While the design of experiment results provide useful insights about the impact of ont/background color on RT and how the interaction between these colors can affect the recognition efficiency, it is only limited to the colors provided. In order to generalize the results, a method that furnish the continuous color spectrum rather than given discrete points (i.e. 110, 180, 250) were required. Response Surface Methodology (RSM) provides deeper explorations among associated control variables to one or more response of interest. In general, RSM includes of group of statistical and mathematical techniques used in building an unknown functional relationship between response variables and a number of input variables. Fitting response curve to the levels of a factor can be beneficial to interpret that relationship, predict response value with different combinations of design factors, and determine the optimum setting of variables to minimize (or maximize) response value. Figure 7 shows how changing font colors and ∆ values concurrently, might affect response time for each background. Note that minimum response time achieved when font color is between green and red. When the font color is blue, by increasing ∆ value, the response time can be decreased consistently while in black background, but ∆ values does not impact the recognition efficiency of blue in white background. While in the black background, the best response time area achieved by ∆ values above 235, the best response time in white background corresponds to ∆ values between 220 to 250 intervals.
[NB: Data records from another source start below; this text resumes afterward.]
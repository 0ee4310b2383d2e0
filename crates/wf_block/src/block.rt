//! Blocks: keywords with their arguments, up to END.
ghost use Rattle.std.specs.Prelude.{◌≡◌, length, OnOk, Some};
ghost use Rattle.wf_block.specs.ReadContract.{Gives};
ghost use Rattle.wf_block.specs.Steps.{fill};

use crate::fault::MapFault;
use crate::keyword::is_end;
use crate::parser::Parser;
use crate::place::Block;
use crate::token::Token;
use std::mem::replace;

/// A block while it is read: what its keywords have set so far, within their limits.
pub trait Slots {
    ghost use Rattle.std.specs.Prelude.{◌≡◌, ℕ, List, Option, OnOk};
    ghost use Rattle.wf_block.specs.Token.{Token};
    ghost use Rattle.wf_block.specs.ReadContract.{Gives};

    // The slots' value, in the terms of the block's definition.
    ghost Settings: { Type 0 };

    ghost settings: { Self → Settings };

    // What limits the block from outside, such as the layers before a layer; nothing for most.
    ghost Within: { Type 0 };

    ghost within: { Self → Within };

    // The definition of the block: the slots after a keyword.
    ghost put: { Within → Settings → List ℕ → List Token → Option (Settings × List Token) };

    // What holds of the block besides its slots.
    ghost Holds: { Self → Type 0 } = { λ _. Unit {0} };

    /// Reads a keyword's arguments and stores them.
    fn take(&mut self, keyword: Token<'_>, parser: &mut Parser<'_>) -> Result<(), MapFault>
        requires holds { Holds self.old }
        ensures read { Gives (λ _. (settings self.new, parser.new)) result
            (put (within self.old) (settings self.old) keyword.entry.text.now parser.old) }
        ensures within { OnOk result (within self.new ≡ within self.old) }
        ensures holds { OnOk result (Holds self.new) };
}

/// Reads keywords up to the END of a block of this kind and stores their arguments.
pub fn fill_block<S: Slots>(
    parser: &mut Parser<'_>,
    block: Block,
    slots: &mut S,
) -> Result<(), MapFault>
    requires holds { S.Holds slots.old }
    ensures read { Gives (λ _. (S.settings slots.new, parser.new)) result
        (fill (S.put (S.within slots.old)) (length parser.old) (S.settings slots.old) parser.old) }
    ensures within { OnOk result (S.within slots.new ≡ S.within slots.old) }
    ensures holds { OnOk result (S.Holds slots.new) }
{
    let outer = parser.enter(block);
    fill_keywords(parser, slots)?;
    parser.leave(outer);
    Ok(())
}

/// Reads keywords up to the block's END and stores their arguments.
#[tactic(auto, using(crate::proofs::Blocks::fill_step, crate::proofs::Blocks::fill_past))]
fn fill_keywords<S: Slots>(parser: &mut Parser<'_>, slots: &mut S) -> Result<(), MapFault>
    requires holds { S.Holds slots.old }
    ensures read { Gives (λ _. (S.settings slots.new, parser.new)) result
        (fill (S.put (S.within slots.old)) (length parser.old) (S.settings slots.old) parser.old) }
    ensures within { OnOk result (S.within slots.new ≡ S.within slots.old) }
    ensures holds { OnOk result (S.Holds slots.new) }
{
    for _ in 0..parser.len() {
        let word = parser.keyword()?;
        if is_end(word.text) {
            return Ok(());
        }
        slots.take(word, parser)?;
    }
    Err(parser.missing_end())
}

/// Stores a keyword's value.
pub fn keep<T: Drop>(slot: &mut Option<T>, settings: T)
    ensures { slot.new ≡ Some settings }
{
    drop(replace(slot, Some(settings)));
}

/// Reads the arguments of a keyword that comes at most once, and stores them, or what a function
/// makes of them, in its slot. A macro, since two exits by `?` are six calls to prove wherever they
/// stand.
#[macro_export]
macro_rules! once {
    ($slot:expr, $byte_offset:expr, $read:expr) => {
        $crate::once!($slot, $byte_offset, $read, settings => settings)
    };
    ($slot:expr, $byte_offset:expr, $read:expr, $settings:pat => $kept:expr) => {
        if $slot.is_some() {
            return Err($crate::MapFault::Repeated($byte_offset));
        }
        match $read {
            Ok($settings) => $crate::keep(&mut $slot, $kept),
            Err(fault) => return Err(fault),
        }
    };
}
Additionally, the black background provides a more consistent platform where for the majority of font and ∆ combinations, the response time is lower than 300 milliseconds. On the contrary, the white background recognition efficiency is more sensitive to the font and ∆ combinations, resulting higher response time with small modifications to the combination of font and ∆. This is a good expansion of our results since ∆ values as well as font colors can be inferred as continues variables.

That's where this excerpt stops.